When building a derived collection, the central question is where accumulation will happen: within derivation registers, or within a materialized database? Both approaches can produce equivalent results, but they do it in very different ways.

Accumulate in the Database

To accumulate in the database, you'll define a collection having a reducible schema with a derivation that uses only "publish" lambdas and no registers. The Flow runtime uses the provided annotations to reduce new documents into the collection, and ultimately keep the materialized table up to date.

A key insight is that the database is the only stateful system in this scenario, and that Flow is making use of reductions in two places:

  1. To combine many published documents into partial "delta" states, which are the literal documents written to the collection.
  2. To reduce "delta" states into the DB-stored value, reaching a final value.

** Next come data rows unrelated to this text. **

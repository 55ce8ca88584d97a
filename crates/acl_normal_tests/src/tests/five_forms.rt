//! The five forms of lists of one ACE, by its flags (the rules of creation in docs/reference/lists.md, over RFC 8881,
//! section 6.2.1.4.1).

use super::harness::READ_DATA;
use acl_lists_for_tests::{ALLOW, built, kept, passes};
use acl_nfs4::{Acl, PushFault};
use acl_normal::*;
use acl_perm::Counted;
use std::alloc::{AllocError, Global};
use std::process::Abort;

// The flags of an ACE that lets alice read, and whether she may read the object, a new file, a new directory, and a new
// file and a new directory in the new directory.
static INHERITED: [(u32, [bool; 5]); 8] = [
    (0x06, [true, false, true, false, false]),
    (0x01, [true, true, false, true, false]),
    (0x03, [true, true, true, true, true]),
    (0x0b, [false, true, true, true, true]),
    (0x05, [true, true, false, false, false]),
    (0x02, [true, false, true, false, true]),
    (0x00, [true, false, false, false, false]),
    (0x80, [true, false, false, false, false]),
];

fn reading(alloc: Global, flags: u32) -> Result<Acl, PushFault> {
    built(alloc, &[(ALLOW, flags, READ_DATA, b"alice".as_slice())])
}

fn forms_of(alloc: Global, flags: u32) -> Result<FiveForms, PushFault> {
    let list = reading(alloc, flags)?;
    kept(normalize_inherit(alloc, &list))
}

// Returns whether the form lets alice read, or is empty if she may not.
fn is_form(form: &Acl, reads: bool, alice: &Acl) -> bool {
    if reads {
        form == alice
    } else {
        form.is_empty()
    }
}

fn are_forms(forms: &FiveForms, reads: &[bool; 5], alice: &Acl) -> bool {
    is_form(&forms.object, reads[0], alice)
        && is_form(&forms.file, reads[1], alice)
        && is_form(&forms.directory, reads[2], alice)
        && is_form(&forms.file_in_directory, reads[3], alice)
        && is_form(&forms.directory_in_directory, reads[4], alice)
}

/// Each list has the five forms that its flags give.
pub fn five_forms(rt: &impl Abort, alloc: Global) -> Result<(), PushFault> {
    let alice = reading(alloc, 0)?;
    for (flags, reads) in &INHERITED {
        assert!(rt; are_forms(&forms_of(alloc, *flags)?, reads, &alice));
    }
    Ok(())
}

#[test]
fn each_of_the_five_forms_has_an_ace_if_its_flags_reach_there(rt: HostRuntime) {
    assert!(rt; passes(five_forms(&rt, rt.alloc())));
}

fn is_same(alloc: Global, forms: &FiveForms, other: &FiveForms) -> Result<bool, AllocError> {
    let copy = forms.copy(alloc)?;
    Ok(copy == *other)
}

/// The five forms of two lists are equal if and only if both lists let alice read at the same paths.
pub fn equal_forms(rt: &impl Abort, alloc: Global) -> Result<(), PushFault> {
    for (flags, reads) in &INHERITED {
        let forms = forms_of(alloc, *flags)?;
        for (other_flags, other_reads) in &INHERITED {
            let other = forms_of(alloc, *other_flags)?;
            assert!(rt; kept(is_same(alloc, &forms, &other))? == (reads == other_reads));
        }
    }
    Ok(())
}

#[test]
fn five_forms_are_equal_if_the_lists_grant_the_same_at_the_five_paths(rt: HostRuntime) {
    assert!(rt; passes(equal_forms(&rt, rt.alloc())));
}

// The five forms of an ACE that only directories inherit, and that they do not pass on: the ACE of alice in the first
// and the third, and three empty lists.
const SPELLED: &[u8; 68] = b"\0\0\0\x01\0\0\0\0\0\0\0\0\0\0\0\x01\0\0\0\x05alice\0\0\0\
    \0\0\0\0\
    \0\0\0\x01\0\0\0\0\0\0\0\0\0\0\0\x01\0\0\0\x05alice\0\0\0\
    \0\0\0\0\0\0\0\0";

// How many bytes of the five forms were written into a buffer, and how many the fault reports.
fn written(forms: &FiveForms, room: &mut [u8]) -> (usize, Option<u64>) {
    let size = room.len();
    let mut sink = Counted::new(room);
    let answer = forms.encode(&mut sink);
    let left = sink.into_inner().len();
    (
        size.saturating_sub(left),
        answer.err().map(|fault| fault.written),
    )
}

/// In a buffer of n bytes, the first n bytes are written and the fault reports n.
pub fn cut_forms(rt: &impl Abort, alloc: Global) -> Result<(), PushFault> {
    let forms = forms_of(alloc, 0x06)?;
    for size in 0..SPELLED.len() {
        let mut room = [0u8; 68];
        assert!(rt; written(&forms, &mut room[..size]) == (size, Some(size as u64)));
        assert!(rt; &room[..size] == &SPELLED[..size]);
    }
    let mut room = [0u8; 68];
    assert!(rt; written(&forms, &mut room) == (68, None));
    assert!(rt; &room == SPELLED);
    Ok(())
}

#[test]
fn encode_of_five_forms_ends_at_the_write_that_fails(rt: HostRuntime) {
    assert!(rt; passes(cut_forms(&rt, rt.alloc())));
}

/// The empty list takes 4 bytes, and an ACE of alice takes 24 more.
pub fn lengths(rt: &impl Abort, alloc: Global) -> Result<(), PushFault> {
    assert!(rt; Acl::new(alloc).encoded_len() == 4);
    assert!(rt; reading(alloc, 0)?.encoded_len() == 28);
    Ok(())
}

#[test]
fn encoded_len_is_the_number_of_bytes_that_spell_a_list(rt: HostRuntime) {
    assert!(rt; passes(lengths(&rt, rt.alloc())));
}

For example, consider a collection that's summing a value:

Time DB Lambdas Derived Document
T0 0 publish(2, 1, 2) 5
T1 5 publish(-2, 1) -1
T2 4 publish(3, -2, 1) 2
T3 6 publish()

This works especially well when materializing into a transactional database. Flow couples its processing transactions with corresponding DB transactions, ensuring end-to-end "exactly once" semantics.

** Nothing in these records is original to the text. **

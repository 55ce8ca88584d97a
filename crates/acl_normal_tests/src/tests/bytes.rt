//! The bytes that spell normal forms. The bytes are written by hand (RFC 8881, section 6.2.1, and RFC 4506, sections
//! 4.10 and 4.13).

use super::harness::{EVERYONE, NO_WRITE_FORM};
use acl_lists_for_tests::{ALLOW, AceRow, built};
use acl_nfs4::{Acl, AclView, Fault, Reason};
use acl_normal::{normal_bytes, normal_bytes_with};
use acl_perm::{Flags, Mask, Profile};
use std::alloc::Global;

const EMPTY: &[u8; 4] = b"\0\0\0\0";

const ALL_MAY_READ: &[u8; 32] = b"\0\0\0\x01\0\0\0\0\0\0\0\0\0\0\0\x01\0\0\0\x09EVERYONE@\0\0\0";

// Bob may not write, and the owner may read and write.
const SOURCE: &[u8; 48] = b"\0\0\0\x02\
    \0\0\0\x01\0\0\0\0\0\0\0\x02\0\0\0\x03bob\0\
    \0\0\0\0\0\0\0\0\0\0\0\x03\0\0\0\x06OWNER@\0\0";

const PADDED: &[u8; 32] = b"\0\0\0\x01\0\0\0\0\0\0\0\0\0\0\0\x01\0\0\0\x09EVERYONE@\0\0\x01";

const TRAILED: &[u8; 33] = b"\0\0\0\x01\0\0\0\0\0\0\0\0\0\0\0\x01\0\0\0\x09EVERYONE@\0\0\0\0";

const RETENTION: &[u8; 32] = b"\0\0\0\x01\0\0\0\0\0\0\0\0\0\0\x02\0\0\0\0\x09EVERYONE@\0\0\0";

// Three ACEs without rights: one that denies, one for new files, and one of a group.
const NO_RIGHTS: &[u8; 76] = b"\0\0\0\x03\
    \0\0\0\x01\0\0\0\0\0\0\0\0\0\0\0\x06OWNER@\0\0\
    \0\0\0\0\0\0\0\x09\0\0\0\0\0\0\0\x09EVERYONE@\0\0\0\
    \0\0\0\0\0\0\0\x40\0\0\0\0\0\0\0\x03ops\0";

// The ACEs that the bytes of a normal form spell, or the fault.
type Spelled = Result<&'static [AceRow], Fault>;

fn fault(offset: u64, reason: Reason) -> Spelled {
    Err(Fault { offset, reason })
}

// Returns whether these bytes spell the list of these rows.
fn is_spelled(alloc: Global, bytes: &[u8], rows: &[AceRow]) -> bool {
    let Ok(view) = AclView::parse_whole(bytes) else {
        return false;
    };
    match (Acl::from_view(alloc, &view), built(alloc, rows)) {
        (Ok(list), Ok(wanted)) => list == wanted,
        _ => false,
    }
}

fn is_answer(alloc: Global, answer: Result<Vec<u8>, Fault>, wanted: Spelled) -> bool {
    match (answer, wanted) {
        (Ok(bytes), Ok(rows)) => is_spelled(alloc, &bytes, rows),
        (Err(fault), Err(wanted)) => fault == wanted,
        _ => false,
    }
}

mod ample {
    use super::*;

    // Under the full profile, and under the narrow one.
    #[test]
    fn normal_bytes_spell_the_normal_form_or_report_the_fault_of_the_input(rt: HostRuntime) {
        let alloc = rt.alloc();
        let rows: [(&[u8], Spelled); 6] = [
            (EMPTY, Ok(&[])),
            (ALL_MAY_READ, Ok(&[EVERYONE])),
            (SOURCE, Ok(&NO_WRITE_FORM)),
            (PADDED, fault(29, Reason::Padding)),
            (TRAILED, fault(32, Reason::TrailingBytes)),
            (RETENTION, Ok(&[(ALLOW, 0, 0x200, b"EVERYONE@")])),
        ];
        for (bytes, wanted) in rows {
            assert!(rt; is_answer(alloc, normal_bytes(alloc, bytes), wanted));
        }
        let rows: [(&[u8], Spelled); 2] = [
            (SOURCE, Ok(&NO_WRITE_FORM)),
            (RETENTION, fault(12, Reason::MaskBits)),
        ];
        for (bytes, wanted) in rows {
            let answer = normal_bytes_with(alloc, bytes, Profile::NARROW);
            assert!(rt; is_answer(alloc, answer, wanted));
        }
    }

    // Whatever a list of such a profile has, no ACE of it has a right.
    #[test]
    fn under_a_profile_of_no_rights_each_list_normalizes_to_the_empty_list(rt: HostRuntime) {
        let alloc = rt.alloc();
        let profile = Profile::new(Mask::NONE, Flags::ALL);
        let rows: [(&[u8], Spelled); 3] = [
            (EMPTY, Ok(&[])),
            (NO_RIGHTS, Ok(&[])),
            (ALL_MAY_READ, fault(12, Reason::MaskBits)),
        ];
        for (bytes, wanted) in rows {
            let answer = normal_bytes_with(alloc, bytes, profile);
            assert!(rt; is_answer(alloc, answer, wanted));
        }
    }
}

When materializing into a non-transactional store, Flow is only able to provide weaker "at least once" semantics: it's possible that a document may be combined into a DB value more than once. Whether that's a concern depends a bit on the task at hand. Some reductions can be applied repeatedly without changing the result ("idempotent"), and some use cases are fine with close enough. For our counter above, it could give an incorrect result.

When materializing into a pub/sub topic, there is no store to hold final values, and Flow will publish delta states: each a partial update of the (unknown) final value.

Accumulate in Registers

Accumulating in registers involves a derivation that defines a reducible register schema, and uses "update" lambdas. Registers are arbitrary documents that can be shared and updated by the various transformations of a derivation. The Flow runtime allocates, manages, and scales durable storage for registers; you don't have to.

When using registers, the typical pattern is to use reduction annotations within updates of the register, and to then publish last-write-wins "snapshots" of the fully reduced value.

Returning to our summing example:

Time Register Lambdas Derived Document
T0 0 update(2, 1, 2), publish(register) 5
T1 5 update(-2, 1), publish(register) 4
T2 4 update(3, -2, 1), publish(register) 6
T3 6 update()

Register derivations are a great solution for materializations into non- transactional stores, because the documents they produce can be applied multiple times without breaking correctness.

They're also well suited for materializations that publish into pub/sub, as they can produce stand-alone updates of a fully-reduced value.

Example: Summing in DB vs Register

See summer.flow.yaml for a simple example of summing counts in the database, vs in registers.

Types of Joins

Outer Join accumulated in Database

Example of an outer join, which is reduced within a target database table. This join is "fully reactive": it updates with either source collection, and reflects the complete accumulation of their documents on both sides.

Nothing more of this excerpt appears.